俺は「おうっ!」と溢れる気合いと一緒に拳を握りしめた。




「俺らでいっちょブチかましたろうやないか!」

「はあ……。まあ俺は知りませんよ、どうなっても」

「銀は準備満タンか?」

「ん、ワシは大丈夫や。ユウジはどないや?」

「俺も小春も完璧やで」

「ほなら自分ら準備ええか?いっちょやったるで」

「おー!!」




一同、握りしめた拳を高々に掲げた。



俺は思わず笑みが零れる。



白石、待っとれよ。

枯れ果てたお前に、極上の癒しと至高の娯楽をお届けするで。






「はぁ……これ、ほんまにどうなるんやろ」











オサムちゃんに部活日誌を渡し、軽い打ち合わせを済ませると、白石はそそくさと職員室から退散した。




(あいつ、ほんまどないしてん)




腕を組み、やっぱり休暇を与えるべきなのかと少しばかり考え込む。

そうしている間にも眉間にできたシワは更に深くなる。




確かに謙也はいつも唐突なところがある。

けれど昨日からは明らかに様子がおかしい。


いや、謙也だけやない。

今日に限っては、小春も財前もユウジ、あまつさえ銀や千歳に至っても不可解な行動があった。

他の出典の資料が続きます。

//! The spans of a program's nodes.
use ac_tree::{Cond, CondKind, Expr, ExprKind, Index, Program, Span, Stmt, StmtKind};
use std::alloc::{AllocError, Global};

/// The span of each node of a program, in the order of their numbers.
pub fn spans_of(alloc: Global, program: &Program) -> Result<Vec<Span>, AllocError> {
    let mut spans = Vec::new(alloc);
    spans.push(program.node.span)?;
    for item in program.items.as_slice().iter() {
        spans.push(item.node.span)?;
    }
    add_block(&mut spans, program.body.as_slice())?;
    Ok(spans)
}

#[cycle(stmt_span)]
fn add_block(spans: &mut Vec<Span>, block: &[Stmt]) -> Result<(), AllocError> {
    for stmt in block.iter() {
        add_stmt(spans, stmt)?;
    }
    Ok(())
}

#[cycle(stmt_span)]
fn add_stmt(spans: &mut Vec<Span>, stmt: &Stmt) -> Result<(), AllocError> {
    spans.push(stmt.node.span)?;
    match &stmt.kind {
        StmtKind::Set { value, .. } => add_expr(spans, value),
        StmtKind::Put { index, value, .. } => {
            add_index(spans, index)?;
            add_expr(spans, value)
        }
        StmtKind::If { test, yes, no } => {
            add_cond(spans, test)?;
            add_block(spans, yes.as_slice())?;
            add_block(spans, no.as_slice())
        }
        StmtKind::For { lo, hi, body, .. } => {
            add_expr(spans, lo)?;
            add_expr(spans, hi)?;
            add_block(spans, body.as_slice())
        }
        StmtKind::While { test, body } => {
            add_cond(spans, test)?;
            add_block(spans, body.as_slice())
        }
        StmtKind::Hand { .. } => Ok(()),
        StmtKind::Skip => Ok(()),
    }
}

fn add_cond(spans: &mut Vec<Span>, cond: &Cond) -> Result<(), AllocError> {
    spans.push(cond.node.span)?;
    match &cond.kind {
        CondKind::True => Ok(()),
        CondKind::False => Ok(()),
        CondKind::Rel(_, a, b) => {
            add_expr(spans, a.get())?;
            add_expr(spans, b.get())
        }
        CondKind::Not(a) => add_cond(spans, a.get()),
        CondKind::And(a, b) => {
            add_cond(spans, a.get())?;
            add_cond(spans, b.get())
        }
        CondKind::Or(a, b) => {
            add_cond(spans, a.get())?;
            add_cond(spans, b.get())
        }
    }
}

#[cycle(expr_span)]
fn add_expr(spans: &mut Vec<Span>, expr: &Expr) -> Result<(), AllocError> {
    spans.push(expr.node.span)?;
    match &expr.kind {
        ExprKind::Num(_) => Ok(()),
        ExprKind::Get(_) => Ok(()),
        ExprKind::Read(_, index) => add_index(spans, index),
        ExprKind::Neg(a) => add_expr(spans, a.get()),
        ExprKind::Add(a, b) => {
            add_expr(spans, a.get())?;
            add_expr(spans, b.get())
        }
        ExprKind::Sub(a, b) => {
            add_expr(spans, a.get())?;
            add_expr(spans, b.get())
        }
        ExprKind::Mul(a, b) => {
            add_expr(spans, a.get())?;
            add_expr(spans, b.get())
        }
    }
}

#[cycle(expr_span)]
fn add_index(spans: &mut Vec<Span>, index: &Index) -> Result<(), AllocError> {
    match index {
        Index::One(a) => add_expr(spans, a.get()),
        Index::Two(a, b) => {
            add_expr(spans, a.get())?;
            add_expr(spans, b.get())
        }
    }
}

俺と金太郎が試合をしている間も、小春ユウジの漫才コンビはいつも以上に大ボケを繰り広げていたし、謙也はいつも以上に砂埃を上げてテニスコートの周りを走り回っていた。


小石川は何やら大事そうに風呂敷を部室に持ち込んでは閉じこもり、しばらく経って出てきたときには口角を上げてニヤついていた。


財前に至っては、ベンチでの待機中いつもの音楽雑誌ではなく、女性用ファッション雑誌を読んどった。
表紙にでかでかと"『カワイイ♡』はうちらのタメにある"と書いてあった。

(あれはボケなんか……?)





何やねん。みんなどないしたんや。

普段と違う仲間の姿に俺は珍しく動揺していた。






「しらいし〜!!」






そんな俺の元へ、金太郎の無邪気な声が廊下に響き渡った。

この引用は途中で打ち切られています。